Montana has a rule that ballot initiatives cannot combine more than one amendment into a single ballot question. The rule is designed to prevent “logrolling,” i.e., packing multiple issues into one initiative so the voters cannot vote on particular questions but instead must accept or reject the entire package. When abortion proponents pursued an initiative to amend the Montana Constitution to add a “right to abortion,” state Attorney General (AG) Austin Knudsen’s office reviewed the proposal and declared it “legally insufficient” because it “logrolls multiple distinct political choices into a single initiative in violation” of the state constitution.

Proponents of the ballot– Montanans Securing Reproductive Rights – and Dr. Samuel Dickman, the Chief Medical Officer of Planned Parenthood of Montana, sued directly in the Supreme Court of Montana, disputing the Montana AG’s conclusion. The Supreme Court of Montana ordered a response.

The ACLJ then teamed up with SBA Pro-Life America and the Montana Family Foundation to file an amicus brief in the case. The state Supreme Court approved our request and gave us until Feb. 9 to file. We filed our joint brief on that due date.

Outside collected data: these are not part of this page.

ghost use Rattle.std.specs.Prelude.{◌≡◌, ℕ, List};
ghost use Rattle.ja_words.specs.Words.{IsAnalyse, IsGenerate};

/// Words ask for one thing at most.
pub fn law_one_command()
    ensures one_analysis { (words : List (List ℕ)) (dir other_dir : List ℕ) (workers other_workers limit other_limit : ℕ) →
        IsAnalyse words dir workers limit → IsAnalyse words other_dir other_workers other_limit →
        (dir ≡ other_dir) × (workers ≡ other_workers) × (limit ≡ other_limit) }
    ensures one_made { (words : List (List ℕ)) (number other_number classes other_classes workers other_workers : ℕ) →
        IsGenerate words number classes workers → IsGenerate words other_number other_classes other_workers →
        (number ≡ other_number) × (classes ≡ other_classes) × (workers ≡ other_workers) }
    ensures not_both { (words : List (List ℕ)) (dir : List ℕ) (workers limit number classes made_workers : ℕ) →
        IsAnalyse words dir workers limit → IsGenerate words number classes made_workers → ⊥ }
{}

Our brief challenges the proposed abortion amendment as “misleading” and “confusing.” For an especially egregious example, we explain:

[T]he initiative purports to allow the state to “regulate” late-term abortions, i.e., after viability. But this “exception” appears to be quite deceptive. The text creates a massive loophole: abortions done “in the good faith judgment of a treating health care professional” – i.e., the abortionist – “to protect the . . . health of the pregnant patient.” For the abortion lobby, health is a universal justification for abortion. E.g., Jennifer Wright, “Every Abortion Is A Medically Essential Abortion,” Refinery29 (Mar. 25, 2020); Ana Cristina González Vélez, “‘The health exception’: a means of expanding access to legal abortion,” 20 Repro. Health Matters 22 (2012). Thus, a restriction with a “health” exception is really no restriction at all.

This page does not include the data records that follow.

ghost use Rattle.std.specs.Prelude.{◌≡◌, ◌++◌, IfOk};
ghost use Rattle.ja_kinds.specs.Frame.{same_kinds, words, top, under};
ghost use Rattle.ja_kinds.specs.Effect.{top_words, under_words, moved, moved_words, exchanged, block, rearranged};

use crate::locals::same_kind;
use crate::state::KindList;
use ja_base::{Kind, Memory};
use ja_code::Rearrangement;
use std::alloc::Global;

/// Whether two lists have the same kinds.
pub(crate) fn same_kinds(kinds: &[Kind], others: &[Kind]) -> bool
    ensures { result ≡ same_kinds kinds.now others.now }
{
    if kinds.len() != others.len() {
        return false;
    }
    for i in 0..kinds.len() {
        if !same_kind(kinds[i], others[i]) {
            return false;
        }
    }
    true
}

/// The words of values.
pub(crate) fn words(values: &[Kind]) -> u64
    ensures { result ≡ words values.now }
{
    let mut total = 0;
    for kind in values {
        total += u64::from(kind.words());
    }
    total
}

/// The values under so many on top, and those on top.
fn split(stack: &[Kind], count: usize) -> (&[Kind], &[Kind])
    ensures low { result.0.now ≡ under count stack.now }
    ensures high { result.1.now ≡ top count stack.now }
{
    stack.split_at(stack.len().saturating_sub(count))
}

/// One list behind another.
pub(crate) fn joined(alloc: Global, front: &[Kind], back: &[Kind]) -> Result<KindList, Memory>
    ensures { IfOk result (λ list. list ≡ front.now ++ back.now) }
{
    let mut list = Vec::from_slice(alloc, front)?;
    list.extend_from_slice(back)?;
    Ok(KindList::from_vec(list))
}

/// The stack with values of some kinds in place of those on top; none where these are of other kinds.
pub(crate) fn exchanged(
    alloc: Global,
    taken: &[Kind],
    pushed: &[Kind],
    stack: &[Kind],
) -> Result<Option<KindList>, Memory>
    ensures { IfOk result (λ after. after ≡ exchanged taken.now pushed.now stack.now) }
{
    let (low, high) = split(stack, taken.len());
    if !same_kinds(high, taken) {
        return Ok(None);
    }
    let after = joined(alloc, low, pushed)?;
    Ok(Some(after))
}

/// The words of so many values on top.
fn top_words_of(stack: &[Kind], count: usize) -> u64
    ensures { result ≡ words (top count stack.now) }
{
    let (_, high) = split(stack, count);
    words(high)
}

/// How many values on top take so many words, 0 to 2; none where that would split a value.
fn block(stack: &[Kind], count: u64) -> Option<usize>
    ensures { result ≡ block count stack.now }
{
    if top_words_of(stack, 0) == count {
        return Some(0);
    }
    if top_words_of(stack, 1) == count {
        return Some(1);
    }
    if top_words_of(stack, 2) == count {
        return Some(2);
    }
    None
}

/// The words of the block that is moved from the top.
pub(crate) fn top_words(how: Rearrangement) -> u64
    ensures { result ≡ top_words how }
{
    match how {
        Rearrangement::Pop => 1,
        Rearrangement::Pop2 => 2,
        Rearrangement::Dup => 1,
        Rearrangement::DupX1 => 1,
        Rearrangement::DupX2 => 1,
        Rearrangement::Dup2 => 2,
        Rearrangement::Dup2X1 => 2,
        Rearrangement::Dup2X2 => 2,
        Rearrangement::Swap => 1,
    }
}

/// The words of the block under it that is moved too.
pub(crate) fn under_words(how: Rearrangement) -> u64
    ensures { result ≡ under_words how }
{
    match how {
        Rearrangement::Pop => 0,
        Rearrangement::Pop2 => 0,
        Rearrangement::Dup => 0,
        Rearrangement::DupX1 => 1,
        Rearrangement::DupX2 => 2,
        Rearrangement::Dup2 => 0,
        Rearrangement::Dup2X1 => 1,
        Rearrangement::Dup2X2 => 2,
        Rearrangement::Swap => 1,
    }
}

/// The words that are pushed in place of both.
pub(crate) fn moved_words(how: Rearrangement) -> u64
    ensures { result ≡ moved_words how }
{
    match how {
        Rearrangement::Pop => 0,
        Rearrangement::Pop2 => 0,
        Rearrangement::Dup => 2,
        Rearrangement::DupX1 => 3,
        Rearrangement::DupX2 => 4,
        Rearrangement::Dup2 => 4,
        Rearrangement::Dup2X1 => 5,
        Rearrangement::Dup2X2 => 6,
        Rearrangement::Swap => 2,
    }
}

/// The upper block, the lower one, and the upper one again.
fn copied(alloc: Global, lower: &[Kind], upper: &[Kind]) -> Result<KindList, Memory>
    ensures { IfOk result (λ list. list ≡ upper.now ++ (lower.now ++ upper.now)) }
{
    let both = joined(alloc, lower, upper)?;
    joined(alloc, upper, both.as_slice())
}

/// What is pushed in place of the two blocks.
fn moved(
    alloc: Global,
    how: Rearrangement,
    lower: &[Kind],
    upper: &[Kind],
) -> Result<KindList, Memory>
    ensures { IfOk result (λ list. list ≡ moved how lower.now upper.now) }
{
    match how {
        Rearrangement::Pop => Ok(KindList::new(alloc)),
        Rearrangement::Pop2 => Ok(KindList::new(alloc)),
        Rearrangement::Dup => copied(alloc, lower, upper),
        Rearrangement::DupX1 => copied(alloc, lower, upper),
        Rearrangement::DupX2 => copied(alloc, lower, upper),
        Rearrangement::Dup2 => copied(alloc, lower, upper),
        Rearrangement::Dup2X1 => copied(alloc, lower, upper),
        Rearrangement::Dup2X2 => copied(alloc, lower, upper),
        Rearrangement::Swap => joined(alloc, upper, lower),
    }
}

/// The stack after words are moved; none where that would split a value.
pub(crate) fn rearranged(
    alloc: Global,
    how: Rearrangement,
    stack: &[Kind],
) -> Result<Option<KindList>, Memory>
    ensures { IfOk result (λ after. after ≡ rearranged how stack.now) }
{
    let Some(upper) = block(stack, top_words(how)) else {
        return Ok(None);
    };
    let (rest, high) = split(stack, upper);
    let Some(lower) = block(rest, under_words(how)) else {
        return Ok(None);
    };
    let (low, middle) = split(rest, lower);
    let pushed = moved(alloc, how, middle, high)?;
    let after = joined(alloc, low, pushed.as_slice())?;
    Ok(Some(after))
}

This point bears repetition: “For the abortion lobby, health is a universal justification for abortion” (emphasis added). That is, the abortion industry believes that every abortion is justified by “health” concerns. (This also fits with the false claim by abortion supporters that abortion is safer than childbirth, a claim we have already refuted, most recently in one of the amicus briefs we filed in Dobbs.) A health exception is, therefore, equivalent to adding “not!” at the end of any limit on abortion.

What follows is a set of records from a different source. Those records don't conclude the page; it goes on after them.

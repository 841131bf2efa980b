ghost use Rattle.std.specs.Prelude.{◌≡◌, length, IfOk};
ghost use Rattle.ja_kinds.specs.Frame.{parameter_words};
ghost use Rattle.ja_kinds.specs.Solution.{is_narrow, falls_off, is_too_large, fault_at};
ghost use Rattle.ja_kinds.specs.InnerSolving.{state_at, IsFaultAt, IsFirstOf};
ghost use Rattle.ja_kinds.specs.declared.state.State.TheVariants.{Known};

use crate::effect::Effect;
use crate::fault::KindFault;
use crate::frame::Frame;
use crate::reading::effect_of;
use crate::stack::words;
use crate::state::{KindState, State};
use crate::step::{is_wrong_depth, turned};
use ja_base::{MAX_FRAME_VALUES, Memory};
use ja_code::{Behaviour, RawInstr};
use ja_pool::Pool;
use std::alloc::Global;

/// Whether the parameters do not fit the locals, at the first instruction.
fn is_narrow(frame: &Frame, pc: u32) -> bool
    ensures { result ≡ is_narrow frame.now pc }
{
    pc == 0 && u64::from(frame.max_locals) < words(frame.parameters.as_slice())
}

/// Whether an instruction goes on past the end of the code.
fn falls_off(frame: &Frame, instr: &RawInstr, behaviour: Behaviour) -> bool
    ensures { result ≡ falls_off frame.now instr.now behaviour }
{
    let next = u64::from(instr.pc) + u64::from(instr.length);
    behaviour.goes_on() && next == u64::from(frame.size)
}

/// Whether the locals and the stack have too many words together.
pub(crate) fn is_too_large(frame: &Frame) -> bool
    ensures { result ≡ is_too_large frame.now }
{
    u64::from(frame.max_locals) + u64::from(frame.max_stack) > u64::from(MAX_FRAME_VALUES)
}

/// The first fault of an instruction where this is known before it.
fn fault_known(
    alloc: Global,
    frame: &Frame,
    instr: &RawInstr,
    behaviour: Behaviour,
    effect: &Effect,
    state: &KindState,
) -> Result<Option<KindFault>, Memory>
    ensures { IfOk result (λ fault. fault ≡ fault_at frame.now instr.now behaviour effect.now (Known state.now)) }
{
    let pc = instr.pc;
    if is_wrong_depth(frame.max_stack, effect, state.stack.as_slice()) {
        return Ok(Some(KindFault::StackDepth { pc }));
    }
    let after = turned(alloc, frame.returns, effect, state)?;
    if after.is_none() || is_narrow(frame, pc) {
        return Ok(Some(KindFault::KindClash { pc }));
    }
    if falls_off(frame, instr, behaviour) {
        return Ok(Some(KindFault::FallsOff { pc }));
    }
    Ok(None)
}

/// The first fault of an instruction in a state.
fn fault_at(
    alloc: Global,
    frame: &Frame,
    instr: &RawInstr,
    behaviour: Behaviour,
    effect: &Effect,
    state: &State,
) -> Result<Option<KindFault>, Memory>
    ensures { IfOk result (λ fault. fault ≡ fault_at frame.now instr.now behaviour effect.now state.now) }
{
    match state {
        State::Unreached => Ok(None),
        State::Known(known) => fault_known(alloc, frame, instr, behaviour, effect, known),
        State::Clash => Ok(Some(KindFault::KindClash { pc: instr.pc })),
    }
}

/// The first fault of an instruction, in the state at its place.
fn fault_in(
    alloc: Global,
    pool: &Pool,
    frame: &Frame,
    instr: &RawInstr,
    states: &[State],
) -> Result<Option<KindFault>, Memory>
    ensures { IfOk result (IsFaultAt pool.now frame.now (state_at states.now) instr.now) }
{
    if instr.pc as usize >= states.len() {
        return Ok(None);
    }
    let Some(behaviour) = instr.opcode.behaviour() else {
        return Ok(None);
    };
    let found = effect_of(alloc, pool, instr, behaviour)?;
    let Some(effect) = found else {
        return Ok(None);
    };
    fault_at(
        alloc,
        frame,
        instr,
        behaviour,
        &effect,
        &states[instr.pc as usize],
    )
}

/// The first fault of instructions in their order.
pub(crate) fn first_fault(
    alloc: Global,
    pool: &Pool,
    frame: &Frame,
    instrs: &[RawInstr],
    states: &[State],
) -> Result<Option<KindFault>, Memory>
    ensures { IfOk result (IsFirstOf pool.now frame.now (state_at states.now) instrs.now) }
{
    for instr in instrs {
        let found = fault_in(alloc, pool, frame, instr, states)?;
        if let Some(fault) = found {
            return Ok(Some(fault));
        }
    }
    Ok(None)
}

Most people tend to support things that are good for “health.” In the abortion context, voters likely think “health” means protecting women against serious physical maladies. That is how the abortion lobby tricks citizens into supporting abortion on demand – unlimited, anytime, for any reason.

Here at the ACLJ, we believe truth is one of the strongest weapons against abortion. We aim to keep exposing the falsehoods that undergird the abortion movement.